The rest basically makes up a prototypical mid-80's Zappa album (I should note that the original US version had seven tracks, while the CD release has ten). Four of the tracks continue Frank's experimentation with the Synclavier, and they're ok, though only the last one (the creepy "H.R. 2911") has as interesting an atmosphere as the best stuff on Perfect Stranger. If I had to pick, I'd probably say that "One Man, One Vote" amuses me the most; I can't help but think that if C-Span were ever to come up with theme music like on The People's Court (maybe to be played when Congress is voting on something), it would sound like this. A couple of other tracks ("Alien Orifice," "What's New in Baltimore?") are instrumentals on par with the best stuff from Utopia, with moody synths, well- placed xylophones (or whatever they are), effective guitar lines and all that.

The remaining three tracks are "regular" songs, and they're inconsistent. I'm quite fond of "We're Turning Again," with some interesting lyrics that look back with scorn on the late 60's, a great use of the Thing Fish voice in a mid-song monologue, and a decent (if underwritten) chorus. The opening "I Don't Even Care" has something resembling a solid groove, but it's not that great a groove, and I tend to feel like the song, at just four-and-a-half minutes, is overlong. And finally, "Yo Cats," some weird cross between Broadway and jazz, is just uninteresting from start to finish.

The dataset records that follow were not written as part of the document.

//! The tables of the first schema become those of a desk.
ghost use Rattle.std.specs.Prelude.{◌≡◌, ◌++◌, ℕ, List, [], ◌∷◌};
ghost use Rattle.sqlite.specs.Schema.{Schema};
ghost use Rattle.sqlite.specs.Held.{state};
ghost use Rattle.canary_tables_schema.specs.First.{first_schema};
ghost use Rattle.canary_tables_schema.specs.Layout.{moved};
ghost use Rattle.canary_tables_schema.specs.Schema.{schema_at};
ghost use Rattle.canary_tables_schema.specs.Remakes.{Remakes, DropsTable, DropsIndex, AddsTable};
ghost use Rattle.canary_tables_schema.specs.Remakes.{AddsIndex, first_unindexed, without_tally};
ghost use Rattle.canary_tables_schema.specs.Remakes.{moved_tables, old_trees, new_trees};
ghost use Rattle.canary_tables_schema.specs.Stores.{Writes};

use sqlite::{Alter, Error, Transaction};

// Runs a text that drops a table.
fn drop_table<S: Alter>(tx: &mut Transaction<'_, S>, text: &str) -> Result<usize, Error>
    ensures writes { Writes tx.old.conn.ghost_name tx.new.conn.ghost_name
        (state S.Store tx.old.conn.now) (state S.Store tx.new.conn.now) result }
    ensures made { (schema next : Schema) (kept : List ℕ) → DropsTable schema text.now next kept
        → Remakes schema next kept []
        (state S.Store tx.old.conn.now) (state S.Store tx.new.conn.now) result }
{
    tx.execute(text, &[])
}

// Runs a text that drops an index.
fn drop_index<S: Alter>(tx: &mut Transaction<'_, S>, text: &str) -> Result<usize, Error>
    ensures writes { Writes tx.old.conn.ghost_name tx.new.conn.ghost_name
        (state S.Store tx.old.conn.now) (state S.Store tx.new.conn.now) result }
    ensures made { (schema next : Schema) (kept : List ℕ) → DropsIndex schema text.now next kept
        → Remakes schema next kept []
        (state S.Store tx.old.conn.now) (state S.Store tx.new.conn.now) result }
{
    tx.execute(text, &[])
}

// Runs a text that makes a table.
fn add_table<S: Alter>(tx: &mut Transaction<'_, S>, text: &str) -> Result<usize, Error>
    ensures writes { Writes tx.old.conn.ghost_name tx.new.conn.ghost_name
        (state S.Store tx.old.conn.now) (state S.Store tx.new.conn.now) result }
    ensures made { (schema next : Schema) (kept : List ℕ) (tree : ℕ)
        → AddsTable schema text.now next kept tree
        → Remakes schema next kept (tree ∷ [])
        (state S.Store tx.old.conn.now) (state S.Store tx.new.conn.now) result }
{
    tx.execute(text, &[])
}

// Runs a text that makes an index.
fn add_index<S: Alter>(tx: &mut Transaction<'_, S>, text: &str) -> Result<usize, Error>
    ensures writes { Writes tx.old.conn.ghost_name tx.new.conn.ghost_name
        (state S.Store tx.old.conn.now) (state S.Store tx.new.conn.now) result }
    ensures made { (schema next : Schema) (kept : List ℕ) → AddsIndex schema text.now next kept
        → Remakes schema next kept []
        (state S.Store tx.old.conn.now) (state S.Store tx.new.conn.now) result }
{
    tx.execute(text, &[])
}

// The three indexes go.
fn unindex<S: Alter>(tx: &mut Transaction<'_, S>) -> Result<usize, Error>
    ensures writes { Writes tx.old.conn.ghost_name tx.new.conn.ghost_name
        (state S.Store tx.old.conn.now) (state S.Store tx.new.conn.now) result }
    ensures made { Remakes first_schema first_unindexed old_trees []
        (state S.Store tx.old.conn.now) (state S.Store tx.new.conn.now) result }
{
    drop_index(tx, "DROP INDEX history_service")?;
    drop_index(tx, "DROP INDEX measurement_service")?;
    drop_index(tx, "DROP INDEX run_closed")
}

// The two tables go.
fn drop_old<S: Alter>(tx: &mut Transaction<'_, S>) -> Result<usize, Error>
    ensures writes { Writes tx.old.conn.ghost_name tx.new.conn.ghost_name
        (state S.Store tx.old.conn.now) (state S.Store tx.new.conn.now) result }
    ensures made { Remakes first_unindexed without_tally old_trees []
        (state S.Store tx.old.conn.now) (state S.Store tx.new.conn.now) result }
{
    drop_table(tx, "DROP TABLE template")?;
    drop_table(tx, "DROP TABLE tally")
}

// The three new tables.
fn add_new<S: Alter>(tx: &mut Transaction<'_, S>) -> Result<usize, Error>
    ensures writes { Writes tx.old.conn.ghost_name tx.new.conn.ghost_name
        (state S.Store tx.old.conn.now) (state S.Store tx.new.conn.now) result }
    ensures made { Remakes without_tally moved_tables old_trees new_trees
        (state S.Store tx.old.conn.now) (state S.Store tx.new.conn.now) result }
{
    add_table(
        tx,
        "CREATE TABLE revision (name TEXT NOT NULL, revision INTEGER NOT NULL, \
        spec TEXT NOT NULL, PRIMARY KEY (name, revision)) STRICT",
    )?;
    add_table(
        tx,
        "CREATE TABLE binding (service TEXT NOT NULL REFERENCES service (name), \
        run INTEGER NOT NULL, template TEXT NOT NULL, revision INTEGER NOT NULL, \
        PRIMARY KEY (service, run, template)) STRICT",
    )?;
    add_table(
        tx,
        "CREATE TABLE tally (service TEXT NOT NULL, run INTEGER NOT NULL, \
        metric INTEGER NOT NULL, counted INTEGER NOT NULL, failed INTEGER NOT NULL, \
        inconclusive INTEGER NOT NULL, errors INTEGER NOT NULL, consecutive INTEGER NOT NULL, \
        passes INTEGER NOT NULL, last INTEGER, PRIMARY KEY (service, run, metric)) STRICT",
    )
}

// The three indexes again.
fn index<S: Alter>(tx: &mut Transaction<'_, S>) -> Result<usize, Error>
    ensures writes { Writes tx.old.conn.ghost_name tx.new.conn.ghost_name
        (state S.Store tx.old.conn.now) (state S.Store tx.new.conn.now) result }
    ensures made { Remakes moved_tables (schema_at moved) (old_trees ++ new_trees) []
        (state S.Store tx.old.conn.now) (state S.Store tx.new.conn.now) result }
{
    add_index(tx, "CREATE INDEX run_closed ON run (service, closed)")?;
    add_index(
        tx,
        "CREATE INDEX measurement_service ON measurement (service)",
    )?;
    add_index(tx, "CREATE INDEX history_service ON history (service)")
}

/// Makes a desk's tables and indexes, in the layout `moved`, of those of the first schema: the
/// tables of templates and of tallies make way for those of revisions, of bindings and of tallies,
/// which are empty. All other tables keep their rows, `meta` too. An error is the database's, for
/// example if the disk fails.
pub fn remake<S: Alter>(tx: &mut Transaction<'_, S>) -> Result<usize, Error>
    ensures writes { Writes tx.old.conn.ghost_name tx.new.conn.ghost_name
        (state S.Store tx.old.conn.now) (state S.Store tx.new.conn.now) result }
    ensures made { Remakes first_schema (schema_at moved) old_trees new_trees
        (state S.Store tx.old.conn.now) (state S.Store tx.new.conn.now) result }
{
    unindex(tx)?;
    drop_old(tx)?;
    add_new(tx)?;
    index(tx)
}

I really get the feeling, overall, that if Zappa hadn't had a ready-made premise for the album, even he'd have been hesitant to release most of these tracks at this point. A lot of the album is fully listenable, yes, but this would be just another obscure 80's Zappa album were it not for the Big Cultural Statement. Still, there's a good amount of moderately worthwhile material here, so while I'd probably get 30 or so Zappa albums before this one, I wouldn't avoid this forever.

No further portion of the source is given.